We had a couple of afternoon beers and chatted with the other comics and went for some food. A couple of nerdy men wanted their photo taken with me and then unusually a couple of cool looking teenage girls asked me as well. My girlfriend was asked to take the shot by the girls and raised an eyebrow at this imposition but did so anyway, because she is cool. I told her that that wasn't the kind of thing that usually happened and sure enough later one of the nerdy men tweeted to say that he had told the girls that I was in the band "The National" so all is right with the Universe.
After watching KT Tunstell we made the decision to leave Latitude, at least for the night and head to a hotel. I had almost been tempted to brave another night, but the threat of rain in the morning was too much for me and we scarpered. Perhaps as I took our tent down I accidentally took out one of the pegs of the tent of the naughty boys. I hadn't thought it would do too much, but it did cause the canvas to shift quite dramatically and I hoped we'd be packed up and away before any of the boys returned. It would have been too cruel to take out all the pegs or stab some holes in the canvas for the coming rain (as tempted as I was) and the removal of one peg seemed like a fittingly pathetic retribution for their minor crime. They were pretty much solely responsible for me leaving the festival, so the victory was theirs. And I was sad that the weekend had not been all I had hoped for.
We were away but the car was still scraping against the mud and it became apparent that the bumpy journey up the track on the way in had caused some of the undercarriage to be dislodged and it was dragging beneath the front wheel. So last year I got a speeding fine leaving Latitude and this year an annoying repair to the car.

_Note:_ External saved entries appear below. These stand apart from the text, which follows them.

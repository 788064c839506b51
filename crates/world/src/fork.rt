//! A world with changes that are kept or forgotten at their end.
ghost use Rattle.std.specs.Prelude.{◌≡◌, ◌+◌, IfOk, IfSome, OnOk, OnErr};
ghost use Rattle.spec_world.specs.Questions.{ask, apply, apply_all};
ghost use Rattle.view.specs.Meanings.{question_of, answer_of, change_of};
ghost use Rattle.view.specs.Sound.{IsSound};
ghost use Rattle.world.specs.Forks.{start_of, changed_in, borrow_of, IsKeepable};

use crate::draft::Draft;
use crate::worlds::World;
use std::alloc::AllocError;
use view::change::Change;
use view::changes::Changes;
use view::question::{Answer, Question};

/// The changes stand in a fork of the world's records until they are kept. Dropped, it leaves the world as it was.
pub struct Forked<'w, T> {
    world: &'w mut World,
    fork: Option<T>,
}

/// A fork of a world.
pub type Fork<'w> = Forked<'w, Draft>;

impl<T: Drop> Drop for Forked<'_, T> {
    fn drop(self)
        ensures { self.exit.0.now ≡ self.entry.world.now }
    {
        let Forked { world: _, fork: _ } = self;
    }
}

impl<'w> Forked<'w, Draft> {
    /// A fork of a world. The world counts it. It can be kept, as a world is sound by its type.
    pub fn open(world: &'w mut World) -> Forked<'w, Draft>
        ensures same_reference { borrow_of result ≡ world.entry.ghost_name }
        ensures start { start_of result ≡ record { plain = world.old.plain; opened = world.old.opened + 1 } }
        ensures unchanged { changed_in result ≡ world.old.plain }
        ensures sound { IsSound (changed_in result) }
    {
        world.know();
        world.open();
        Forked { world, fork: None }
    }

    /// The records, with the changes.
    #[inline(always)]
    pub(crate) fn records(&self) -> &Draft
        ensures { result.now ≡ changed_in self.now }
    {
        match &self.fork {
            Some(draft) => draft,
            None => self.world.records(),
        }
    }

    /// The answer to a question, with the changes.
    pub fn ask(&self, question: &Question) -> Result<Answer, AllocError>
        ensures { IfOk result (λ a. answer_of a ≡ ask (changed_in self.now) (question_of question.now)) }
    {
        self.records().ask(question)
    }

    /// One change more.
    pub fn put(&mut self, change: Change) -> Result<(), AllocError>
        ensures same_reference { borrow_of self.new ≡ borrow_of self.old }
        ensures start { start_of self.new ≡ start_of self.old }
        ensures changed { OnOk result (changed_in self.new ≡ apply (change_of change) (changed_in self.old)) }
    {
        if self.fork.is_none() {
            self.fork = Some(self.world.share()?);
        }
        if let Some(draft) = &mut self.fork {
            draft.put(change)?;
        }
        Ok(())
    }

    /// The world has the changes.
    pub fn keep(self)
        requires { IsKeepable self }
        ensures plain { self.exit.0.now.plain ≡ changed_in self.entry }
        ensures opened { self.exit.0.now.opened ≡ (start_of self.entry).opened }
    {
        let Forked { world, fork } = self;
        if let Some(draft) = fork {
            world.replace(draft);
        }
    }

    /// The world has changes more, one after another, which these records have too, where they were made. What no snapshot shares is changed where it lies.
    /// After want of memory the world is as it was.
    pub fn keep_with(self, changes: &Changes, after: Option<Draft>) -> Result<(), AllocError>
        requires sound { IsSound (apply_all changes.now (changed_in self)) }
        requires after { IfSome after (λ d. d ≡ apply_all changes.now (changed_in self)) }
        ensures plain { OnOk result (self.exit.0.now.plain ≡ apply_all changes.now (changed_in self.entry)) }
        ensures err { OnErr result (self.exit.0.now.plain ≡ (start_of self.entry).plain) }
        ensures opened { self.exit.0.now.opened ≡ (start_of self.entry).opened }
    {
        let Forked { world, fork } = self;
        if let Some(draft) = after {
            world.replace(draft);
            return Ok(());
        }
        match fork {
            Some(draft) => change_over(world, draft, changes),
            None => world.change(changes),
        }
    }

    /// The world is as it was.
    pub fn undo(self)
        ensures { self.exit.0.now ≡ start_of self.entry }
    {}
}

// The world has these records with changes. After want of memory it is as it was.
fn change_over(world: &mut World, mut draft: Draft, changes: &Changes) -> Result<(), AllocError>
    requires { IsSound (apply_all changes.now draft) }
    ensures ok { OnOk result (world.new ≡ record { plain = apply_all changes.now draft; opened = world.old.opened }) }
    ensures err { OnErr result (world.new ≡ world.old) }
{
    draft.change(changes)?;
    world.replace(draft);
    Ok(())
}
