//! What was asked, as clauses see it.
ghost use Rattle.std.specs.Prelude.{◌≡◌, [], ◌∷◌, ◌++◌};
ghost use Rattle.world.specs.Sought.{sought_of};

use crate::questions::Sought;
use moo_value::text::Text;
use std::marker::Model;
use std::snapshot::Snapshot as Remembered;
use view::question::Question;

/// The questions that were asked, in their order. Only clauses read them: the program keeps nothing of them.
#[cycle(trail)]
pub(crate) struct Trail {
    last: Last,
}

// Written out, so that letting go of the last question is proved here and not where a trail is let go.
impl Drop for Trail {
    fn drop(self) {
        let Trail { last: _last } = self;
    }
}

// The last question, behind those before it.
#[cycle(trail)]
#[derive(Drop)]
enum Last {
    Nothing,
    Question(Remembered<Trail>, Remembered<Question>),
    Slot(Remembered<Trail>, Remembered<i32>, Remembered<Text>),
    Header(Remembered<Trail>, Remembered<i32>),
    Verbs(Remembered<Trail>, Remembered<i32>),
}

impl Model for Trail {
    ghost use Rattle.std.specs.Prelude.{List, length};
    ghost use Rattle.std.specs.Coded.{coded_list};
    ghost use Rattle.spec_world.specs.Questions.{Question as Asked};
    ghost use Rattle.view.specs.QuestionCode.{question_code};

    ghost Value = { List Asked };

    ghost coded = { coded_list question_code };

    ghost size = { length };

    ghost use Rattle.world.specs.Trails.{trail_of};

    ghost view = { λ a. trail_of a.last };

    ghost use Rattle.world.specs.TrailFalls.{trail_falls};

    ghost size_decreases = { λ a h. trail_falls a.last };
}

impl Trail {
    /// Nothing asked.
    #[inline(always)]
    pub(crate) fn new() -> Trail
        ensures { result ≡ [] }
    {
        Trail {
            last: Last::Nothing,
        }
    }

    /// One question more.
    #[inline(always)]
    pub(crate) fn add(&mut self, sought: &Sought<'_>)
        ensures { self.new ≡ self.old ++ sought_of sought.now ∷ [] }
    {
        let before = Remembered::of(&*self);
        self.last = match sought {
            Sought::Question(question) => Last::Question(before, Remembered::of(*question)),
            Sought::Slot(object, name) => {
                Last::Slot(before, Remembered::of(object), Remembered::of(*name))
            }
            Sought::Header(object) => Last::Header(before, Remembered::of(object)),
            Sought::Verbs(object) => Last::Verbs(before, Remembered::of(object)),
        };
    }
}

We decided to head to Ipswich to the very hotel we stayed in on my birthday last year - the scene of me being sick on my own diarrhoea. Were we tempting fate? What if the students in the tent next to ours had had the same idea and were in the room next to ours, partying away? It seemed unlikely. The big bed and the bath and our own functioning toilet were all welcoming sights even after such a short jaunt away from civilisation and helped make up for the disappointments we'd suffered. We were in bed and sleeping by 9.30pm. I hope the students read this and laugh at us. Because that is properly tragic. But oh how sweet the sleep was. I managed 11 hours without even waking up once. No panic attacks, no dark thoughts, no need to go for long walks in the cold. Just pure beautiful uninterrupted sleep.
This was the weekend that I officially could no longer claim to be young. I am one of the old. I am sad and happy about this in equal measure. Enjoy the rain at Latitude motherfuckers.